At the look on his face she began to tremble. “Hunter, what aren’t you telling me?” She was unable to keep the tremor out of her voice. “Tell me I don’t know you.”
For an eternity he stared at her, frozen. Then he whispered, “I can’t.”
33. Loss
Skye stared at Hunter, her heart hammering painfully, the hopeless fantasy of happy ever after that had tentatively taken root crumbling. She fought to keep her breath steady, her voice even, and almost managed it. “Tell me.”

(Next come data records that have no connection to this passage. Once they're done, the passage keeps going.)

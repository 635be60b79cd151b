//! The residue set of an image.
ghost use Rattle.std.specs.Prelude.{◌≡◌, List, true, false, IfSome};
ghost use Rattle.std.specs.Prelude.{IfNone, IsPermutation, IsSorted};
ghost use Rattle.heesch_grid.specs.declared.Cell.{Cell};
ghost use Rattle.heesch_grid.specs.Cells.{cell_cmp};
ghost use Rattle.heesch_grid.specs.TorusFormula.{GivesResidues};
ghost use Rattle.heesch_tiling.specs.Counting.{tile_residues};
ghost use Rattle.heesch_torus.specs.Repeats.{HasRepeat, HasNoRepeat};

use crate::near_iso::NearIso;
use crate::tiles::Tiles;
use arrayvec::ArrayVec;
use heesch_grid::{Cell, Grid};
use heesch_shape::CELLS_MAX;
use heesch_tiling::residue_of;

/// A residue set, in cell order.
pub type Residues = ArrayVec<Cell, CELLS_MAX>;

/// The reduced cells of the images of the cells, in the order of the cells.
fn reduced_image<G: Grid>(tiles: &Tiles<G>, by: &NearIso<G>) -> Residues
    ensures { result.items ≡ tile_residues G.geometry tiles.now.cells.now tiles.now.triple by.now.iso }
{
    let mut residues = ArrayVec::new();
    for c in tiles.cells {
        residues.push(residue_of::<G>(tiles.triple, by.iso, *c));
    }
    residues
}

/// The same cells in cell order.
fn sorted_image<G: Grid>(tiles: &Tiles<G>, by: &NearIso<G>) -> Residues
    ensures permutation { IsPermutation
        (tile_residues G.geometry tiles.now.cells.now tiles.now.triple by.now.iso) result.items }
    ensures sorted { IsSorted cell_cmp result.items }
{
    let mut residues = reduced_image(tiles, by);
    residues.sort_unstable();
    residues
}

/// Whether two cells that stand side by side are one.
fn has_repeat(cells: &[Cell]) -> bool
    ensures repeat { result ≡ true → HasRepeat cells.now }
    ensures none { result ≡ false → HasNoRepeat cells.now }
{
    for i in 1..cells.len() {
        if cells[i - 1] == cells[i] {
            return true;
        }
    }
    false
}

/// The residue set of the image: its reduced cells, where they are as many as the cells.
pub(crate) fn residues_of<G: Grid>(tiles: &Tiles<G>, by: &NearIso<G>) -> Option<Residues>
    ensures found { IfSome result
        (λ r. GivesResidues G.geometry tiles.now.cells.now tiles.now.triple r.items by.now.iso) }
    ensures none { IfNone result
        ((r : List Cell) → ¬ GivesResidues G.geometry tiles.now.cells.now tiles.now.triple r by.now.iso) }
{
    let residues = sorted_image(tiles, by);
    if has_repeat(residues.as_slice()) {
        return None;
    }
    Some(residues)
}
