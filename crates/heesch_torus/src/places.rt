//! The tiling of a model.
ghost use Rattle.std.specs.Prelude.{◌≡◌, length, IfOk};
ghost use Rattle.heesch_torus.specs.Chosen.{chosen_tiling};

use crate::found::Variable;
use heesch_cert::{Isos, Tiling};
use heesch_io::NoMemory;
use heesch_lattice::Triple;
use std::alloc::Global;

/// The tiling by the isometries of the variables that are true, in number order.
pub(crate) fn chosen_tiling(
    alloc: Global,
    triple: Triple,
    variables: &[Variable],
    values: &[bool],
) -> Result<Tiling, NoMemory>
    requires { length values.now ≡ length variables.now }
    ensures { IfOk result (λ tiling. tiling ≡ chosen_tiling triple values.now variables.now) }
{
    let mut places = Isos::new(alloc);
    for (at, variable) in variables.iter().enumerate() {
        if values[at] {
            places.push(variable.by)?;
        }
    }
    Ok(Tiling { triple, places })
}
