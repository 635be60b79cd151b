//! The clauses that say that of two residue sets that share a cell one isn't chosen.
ghost use Rattle.std.specs.Prelude.{◌≡◌, ◌<◌, ◌≤◌, ◌+◌, ◌-◌, ◌*◌, ◌^◌, ◌∷◌, [], ◌==◌, length, replicate, All, OnOk};
ghost use Rattle.std.specs.List.{list_any};
ghost use Rattle.heesch_cert.specs.Literals.{literals};
ghost use Rattle.heesch_grid.specs.Cells.{meet, set_of};
ghost use Rattle.heesch_grid.specs.CoronaFormula.{exclusion_clauses};
ghost use Rattle.heesch_torus.specs.Formula.{AddsClauses, pair_clause, marked_clauses};
ghost use Rattle.heesch_torus.specs.Marks.{Marks};
ghost use Rattle.heesch_torus.specs.Variables.{sets_of};

use crate::incidence::Incidence;
use heesch_cnf::{FlatFormula, Lit};
use heesch_grid::Grid;
use heesch_io::NoMemory;
use heesch_tiling::number_of;

/// Marks the listed variables with a number.
fn mark(marks: &mut [u32], variables: &[u32], number: u32)
    requires { All (λ v. v < length marks.old) variables.now }
    ensures { Marks (λ v. list_any (λ w. w == v) variables.now) number marks.old marks.new }
{
    for var in variables {
        marks[*var as usize] = number;
    }
}

/// Marks the variables that share a cell with the variable at this place, by its number.
fn mark_meeting<G: Grid>(marks: &mut [u32], incidence: &Incidence<G>, at: usize)
    requires at { at < length incidence.now.sets.now.variables.now }
    requires all { length marks.old ≡ length incidence.now.sets.now.variables.now + 1 }
    ensures { Marks (λ v. meet (set_of (sets_of incidence.now.sets.now.variables.now) (at + 1))
        (set_of (sets_of incidence.now.sets.now.variables.now) v)) (at + 1) marks.old marks.new }
{
    let number = at as u32 + 1;
    let sets = incidence.sets;
    let triple = sets.triple;
    let lists = incidence.lists;
    let variables = sets.variables;
    let variable = &variables[at];
    for c in variable.residues.as_slice() {
        mark(marks, lists[number_of::<G>(triple, *c)].as_slice(), number);
    }
}

/// The negation of a variable.
fn minus(var: u32) -> Lit
    ensures { result ≡ literals.minus var }
{
    Lit {
        var,
        positive: false,
    }
}

/// The clause that says that one of two variables isn't chosen.
fn pair_clause(first: u32, second: u32) -> [Lit; 2]
    ensures { result ≡ pair_clause first second }
{
    [minus(first), minus(second)]
}

/// Adds the clauses of the variable at this place with each later one that is marked with its number.
fn add_marked(formula: &mut FlatFormula, marks: &[u32], at: usize) -> Result<(), NoMemory>
    requires below { at + 1 < length marks.now }
    requires few { length marks.now ≤ 4609 }
    requires all { length marks.now ≡ formula.old.vars + 1 }
    requires room { length formula.old.clauses ≤ 2 ^ 30 }
    ensures adds { OnOk result
        (AddsClauses (marked_clauses marks.now (at + 1)) formula.old.vars formula.old.clauses formula.new.vars
        formula.new.clauses) }
    ensures few { OnOk result (length formula.new.clauses ≤ length formula.old.clauses + 4608) }
{
    let number = at as u32 + 1;
    for other in number + 1..marks.len() as u32 {
        if marks[other as usize] == number {
            formula.add(&pair_clause(number, other))?;
        }
    }
    Ok(())
}

/// Adds the clause of each pair of variables that share a cell, by the first and then the second. No variable is
/// marked yet.
pub(crate) fn add_pair_clauses<G: Grid>(
    formula: &mut FlatFormula,
    marks: &mut [u32],
    incidence: &Incidence<G>,
) -> Result<(), NoMemory>
    requires none { marks.old ≡ replicate (length incidence.now.sets.now.variables.now + 1) 0 }
    requires vars { formula.old.vars ≡ length incidence.now.sets.now.variables.now }
    requires room { length formula.old.clauses ≤ 2000000 }
    ensures adds { OnOk result
        (AddsClauses (exclusion_clauses literals meet
        (sets_of incidence.now.sets.now.variables.now)) formula.old.vars formula.old.clauses formula.new.vars
        formula.new.clauses) }
    ensures few { OnOk result (length formula.new.clauses ≤ length formula.old.clauses + 4608 * 4608) }
{
    for at in 0..incidence.sets.variables.len() {
        mark_meeting(marks, incidence, at);
        add_marked(formula, marks, at)?;
    }
    Ok(())
}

“Skye…” He seemed torn between resistance and resignation. “You do know me,” he said finally, “You’ve known me almost all your life.”

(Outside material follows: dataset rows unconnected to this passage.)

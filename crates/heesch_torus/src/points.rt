//! The numbers of the reduced cells, in cell order.
ghost use Rattle.std.specs.Prelude.{◌≡◌, ◌<◌, ◌≤◌, ◌+◌, ◌*◌, ℕ, Some, length, cond, nat_lt, IfOk};
ghost use Rattle.std.specs.List.{slice_get};
ghost use Rattle.std.specs.Int.{bit_at};
ghost use Rattle.heesch_grid.specs.Geometry.{IsCell, apply};
ghost use Rattle.heesch_grid.specs.Vectors.{IsWithin};
ghost use Rattle.heesch_tiling.specs.Counting.{residue};
ghost use Rattle.heesch_torus.specs.Formula.{reduced_cells};
ghost use Rattle.heesch_torus.specs.Masks.{ArePoints};
ghost use Rattle.heesch_torus.specs.Stepping.{ArePointsOf};

use crate::near_iso::NearIso;
use crate::torus::Torus;
use arrayvec::ArrayVec;
use heesch_grid::{Cell, Grid};
use heesch_io::NoMemory;
use heesch_lattice::Triple;
use heesch_shape::CELLS_MAX;
use heesch_tiling::{number_of, pair_at, residue_of, window_size};
use std::alloc::Global;

/// The numbers of the cells of the window among its cells, and how many these are.
#[derive(Drop)]
pub(crate) struct Points {
    pub(crate) numbers: Vec<u32>,
    pub(crate) count: u32,
}

/// The numbers of the reduced cells of a tile, in the order of its cells.
pub(crate) type TilePoints = ArrayVec<u32, CELLS_MAX>;

/// The numbers of the reduced cells of a triple.
pub(crate) fn points_of<G: Grid>(alloc: Global, triple: Triple) -> Result<Points, NoMemory>
    requires { triple.p * triple.q ≤ 384 }
    ensures { IfOk result (λ p. ArePoints G.geometry triple p.numbers.items p.count) }
{
    let mut numbers = Vec::new(alloc);
    let mut count = 0;
    for k in 0..window_size::<G>(triple) {
        numbers.push(count)?;
        if G::is_cell(pair_at::<G>(triple, k)) {
            count += 1;
        }
    }
    Ok(Points { numbers, count })
}

/// The number of the reduced cell of the image of c.
pub(crate) fn point_of<G: Grid>(torus: &Torus<G>, by: &NearIso<G>, c: Cell) -> u32
    requires { IsCell G.geometry c × IsWithin 100000 c }
    ensures { slice_get (reduced_cells G.geometry torus.now.triple) result ≡ Some
        (residue G.geometry torus.now.triple (apply G.geometry by.now.iso c)) }
{
    let triple = torus.triple;
    torus.numbers[number_of::<G>(triple, residue_of::<G>(triple, by.iso, c))]
}

/// The numbers of the reduced cells of a tile, in the order of its cells.
pub(crate) fn points_of_tile<G: Grid>(torus: &Torus<G>, by: &NearIso<G>) -> TilePoints
    ensures { ArePointsOf G.geometry torus.now.cells.now torus.now.triple by.now.iso result.items }
{
    let mut points = ArrayVec::new();
    for c in torus.cells {
        points.push(point_of(torus, by, *c));
    }
    points
}

/// The mask of so many points.
pub(crate) fn all_points(count: u32) -> u64
    requires some { 1 ≤ count }
    requires few { count ≤ 64 }
    ensures { (k : ℕ) → bit_at result k ≡ cond (nat_lt k count) 1 0 }
{
    u64::MAX >> (64 - count)
}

“What?” She could barely force the word out.
He looked as wretched as she felt. “We were – we are – friends. I’ve known you from a small child, watched you grow.” His strained face lightened a little as he recalled. “You once asked me where my tail was.’” She could imagine that, given
all the fairy tales she consumed.
“I knew of your sorrow. I heard you speak aloud to the sea, to the memory of your mother, and I couldn’t help…speaking back. You could see me, hear me. Remember me. There was a danger that in your innocence, you might try to follow me, and drown. And there was also danger to my people, should you speak of us to anyone. So, I had to protect you all.”
Uneasiness rippled though her.
“I had to comfort you, and I had to keep you safe. I could think of only one way.”
“Mesmer,” she said, her voice leaden. The only logical answer. The worst answer.
“You are too perceptive for my own good.” He tried to smile, although anger began to show on his face. “Yes. I took your memories of me with me when I went.” He’d said it.
“But I didn’t take your memories of interactions with my clan,” he insisted. “That’s what happens under Mesmer. I just – kept it from you. I didn’t want you to hate me for being one of them. I didn’t know you would remember them yourself.”
A kind of impotent rage was building in Skye. She couldn’t speak. Learning that she’d been a victim of some kind of magical manipulation her whole life, losing the friendship she’d had with this amazing person without recollection, cut her deeply.
She’d always believed that the sea had comforted her, or maybe even the spirit of her mother, speaking with the voice of the waves. She’d grieved for that lost comfort. Now she knew it was Hunter she’d mourned, but without any choice to miss him, or comfort herself with thoughts of him. How different her life could have been with him in it. How much better would she have felt if she’d known she had him?
He reached out and gripped her hands, his words tumbling over themselves. “When they called you, and you chose me – that doesn’t happen, Skye. No one chooses someone else when under another’s sway. But you did. Our connection is so real that even with it dissolved beyond recall it was there, in the heart of you. So, Skye, will you trust me?”